I took out my pencil and a pad of paper, and wrote on it. Then I said to Mr. Pillsbury, "How's this?" And I began to read to him: "Mr. Dolph Pillsbury, Chairman of the Board of County Commissioners of Mason County, stated that the bid of J. H. Moore for the construction of the Mason County School was accepted, even though it was not the low bid, because the Board wanted somebody 'who could do the work right.' The low bid, which was submitted by the Jeffers Construction Company, was rejected, Mr. Pillsbury stated. Mr. Pillsbury started further–"

"Now look a-here–" Mr. Pillsbury was sitting very straight up as though it were not a pin this time but a hot tenpenny and in the brown–"now look a-here, I didn't state nuthen.
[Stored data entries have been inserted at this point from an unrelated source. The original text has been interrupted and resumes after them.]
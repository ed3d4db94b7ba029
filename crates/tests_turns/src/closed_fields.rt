ghost use Rattle.std.specs.Prelude.{◌≡◌, ◌≤◌, length, map, is_some, IfOk, IsSome, OnOk};
ghost use Rattle.std.specs.List.{All};
ghost use Rattle.amoebot_state.specs.Configs.{bot_at};
ghost use Rattle.amoebot_state.specs.Steps.{Run};
ghost use Rattle.claim_core.specs.Good.{AreMarks, Order, SoFar};
ghost use Rattle.claim_core.specs.Turns.{MarkLists};
ghost use Rattle.claim_rule.specs.Seating.{AreOf};
ghost use Rattle.claim_rule.specs.Tokens.{IsOf, number_in};

use crate::fixtures::{Counter, are_entries, turn_of};
use crate::machine::{is_left, is_marked, machine_leaves};
use crate::meetings::have_marks;
use amoebot_state::{Decider, World};
use claim_core::{Journal, Lists, Mark, Marks};
use claim_rule::{Field, Seat, Seats};
use small_worlds::{Marker, lists_of, standing, world_in};
use std::alloc::Global;
use std::process::Abort;
use std::sync::Wait;
use std::test::Fail;
use tests_claims::field_of;

/// Makes all turns of the seat, with the marks that are expected. In each the gate is called.
fn turns_of<R: Wait + Abort, D: Decider>(
    rt: &R,
    field: &Field<'_, D>,
    lists: &Lists,
    expected: &Marks,
    mut seat: Seat<D>,
) -> Result<Seat<D>, Fail>
    requires of { IsOf field.now seat }
    requires lists { field.now.terms.lists ≡ lists.now }
    ensures of { IfOk result (λ after. IsOf field.now after) }
    ensures same { IfOk result (λ after. number_in after ≡ number_in seat) }
{
    let gate = Counter::new();
    for _turn in 0..lists.turns() {
        let (after, answer) = turn_of(rt, field, lists, &gate, seat)?;
        is_marked(rt, expected, &answer)?;
        seat = after;
    }
    assert!(rt; seat.next_turn() == lists.turns() && gate.calls() == u64::from(lists.turns()));
    Ok(seat)
}

/// So many callers make all their turns, one caller after another, and their seats are given back.
fn after_turns<R: Wait + Abort, D: Decider>(
    rt: &R,
    field: &Field<'_, D>,
    lists: &Lists,
    expected: &Marks,
    seats: &mut Seats<D>,
    callers: u8,
) -> Result<(), Fail>
    requires of { AreOf field.now seats.old }
    requires lists { field.now.terms.lists ≡ lists.now }
    ensures of { OnOk result (AreOf field.now seats.new) }
    ensures there { OnOk result (map is_some seats.new.seats ≡ map is_some seats.old.seats) }
{
    if callers == 0 {
        return Ok(());
    }
    match seats.take() {
        None => Err(Fail::from("no seat is left")),
        Some(seat) => {
            let seat = turns_of(rt, field, lists, expected, seat)?;
            after_turns(rt, field, lists, expected, seats, callers - 1)?;
            seats.give(seat);
            Ok(())
        }
    }
}

/// What the field leaves once so many callers have made all their turns, and the others none.
/// It is a run of the model from the first world, in the callers' order,
/// and there are right marks for it.
fn closed<R: Wait + Abort, D: Decider>(
    rt: &R,
    field: Field<'_, D>,
    lists: &Lists,
    expected: &Marks,
    mut seats: Seats<D>,
    callers: u8,
) -> Result<(World, Journal), Fail>
    requires of { AreOf field seats }
    requires lists { field.terms.lists ≡ lists.now }
    requires all { All (λ seat. IsSome seat) seats.seats }
    ensures run { IfOk result (λ left. let z = field.entry.terms in
        Run (D.verdict z.decider) z.world left.1.entries left.0) }
    ensures order { IfOk result (λ left. Order field.entry.terms.lists left.1.entries) }
    ensures marks { IfOk result (λ left. (marks : MarkLists) × (let z = field.entry.terms in
        AreMarks SoFar (D.verdict z.decider) z.world z.lists left.1.entries marks)) }
{
    after_turns(rt, &field, lists, expected, &mut seats, callers)?;
    Ok(field.close(seats))
}

/// The lists of four callers.
static LISTS: [&[u16]; 4] = [&[0], &[1, 0], &[0, 2], &[2]];

/// How many steps each of them makes in all.
static STEPS: [(u8, u8); 4] = [(0, 39), (1, 39), (2, 39), (3, 38)];

/// Their marks, where one makes its turns after another.
static MARKS: [&[Mark]; 4] = [
    &[Mark::Done { place: 0 }, Mark::Idle { place: 1 }],
    &[Mark::Done { place: 1 }, Mark::Idle { place: 2 }],
    &[Mark::Idle { place: 2 }, Mark::Done { place: 2 }],
    &[Mark::Idle { place: 3 }, Mark::Idle { place: 3 }],
];

/// What a field over the world leaves once so many callers have made all their turns.
fn left_after<R: Wait + Abort>(
    rt: &R,
    alloc: Global,
    world: World,
    lists: &Lists,
    expected: &Marks,
    callers: u8,
) -> Result<(World, Journal), Fail>
    requires some { 1 ≤ length lists.now.ids }
    requires bots { All (All (λ id. IsSome (bot_at world id))) lists.now.ids }
{
    let (field, seats) = field_of(alloc, &Marker, world, lists)?;
    closed(rt, field, lists, expected, seats, callers)
}

/// Four callers, of which so many make all their turns: the field leaves these entries then,
/// and what the machine leaves by the same steps once all have made them.
fn closes_after<R: Wait + Abort>(
    rt: &R,
    alloc: Global,
    callers: u8,
    entries: &[(u8, u32, u16)],
) -> Result<(), Fail> {
    let bots = &[standing(2, 3, 0), standing(3, 3, 0), standing(6, 6, 0)];
    let world = world_in(alloc, 10, 10, bots)?;
    let lists = lists_of(alloc, 2, &world, &LISTS)?;
    let report = machine_leaves(alloc, &Marker, &world, &lists, &STEPS)?;
    assert!(rt; have_marks(&report.turns, &MARKS));
    let (last, journal) = left_after(rt, alloc, world, &lists, &report.turns, callers)?;
    are_entries(rt, &journal, entries);
    if callers == 4 {
        is_left(rt, &report, &last, &journal);
    }
    Ok(())
}

static ENTRIES: [(u8, &[(u8, u32, u16)]); 5] = [
    (0, &[]),
    (1, &[(0, 0, 0)]),
    (2, &[(0, 0, 0), (1, 0, 1)]),
    (3, &[(0, 0, 0), (1, 0, 1), (2, 1, 2)]),
    (4, &[(0, 0, 0), (1, 0, 1), (2, 1, 2)]),
];

#[test]
fn a_field_is_closed_after_the_turns_of_each_caller(rt: HostRuntime) -> Result<(), Fail> {
    for (callers, entries) in &ENTRIES {
        closes_after(&rt, rt.alloc(), *callers, entries)?;
    }
    Ok(())
}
You write it down and claim I stated it. Now you look a-here–"

The Sheriff heaved massively in the chair and fixed his gaze upon Mr. Pillsbury. "Dolph," he said, "tell the bugger to git out of here."

"I didn't state nuthen," Dolph said, "and you git out!"

"Sure," I said, and put the pad in my pocket, "but maybe you can kindly tell me where Mr. Stark is?"

"I knowed it," the Sheriff exploded and dropped his feet off the desk with a noise like a brick chimney, and heaved up in the chair and glared apoplectically at me. "That Stark, I knowed it was that Stark!"

"What's wrong with Stark?" I asked.

"Jesus Gawd!" roared the Sheriff, and his face went purple with congestion of language which couldn't get out.

"He's biggety, that's what he is," Mr. Dolph Pillsbury offered. "Gits in the courthouse and gits biggety, he–"

"He's a nigger-lover," the little old bald, knotty-headed fellow submitted.

"And him, him–" Mr. Pillsbury pointed at me with an air of revelation–"I bet he's a nigger-lover, comen up here and sahayen round, I bet he–"

"No sale," I said. "I like mine vanilla. But now you've raised the subject, what's nigger-loving got to do with it?"

"That's it!" Mr. Pillsbury exclaimed, like the man overboard seizing the plank. "That Jeffers Construction now, they–"

"You, Dolph," the Sheriff bellowed at him, "why don't you shut up and tell him to git out!"

"Git out," Mr. Pillsbury said to me, obediently but without great vigor.

"Sure," I replied and went out and walked down the hall.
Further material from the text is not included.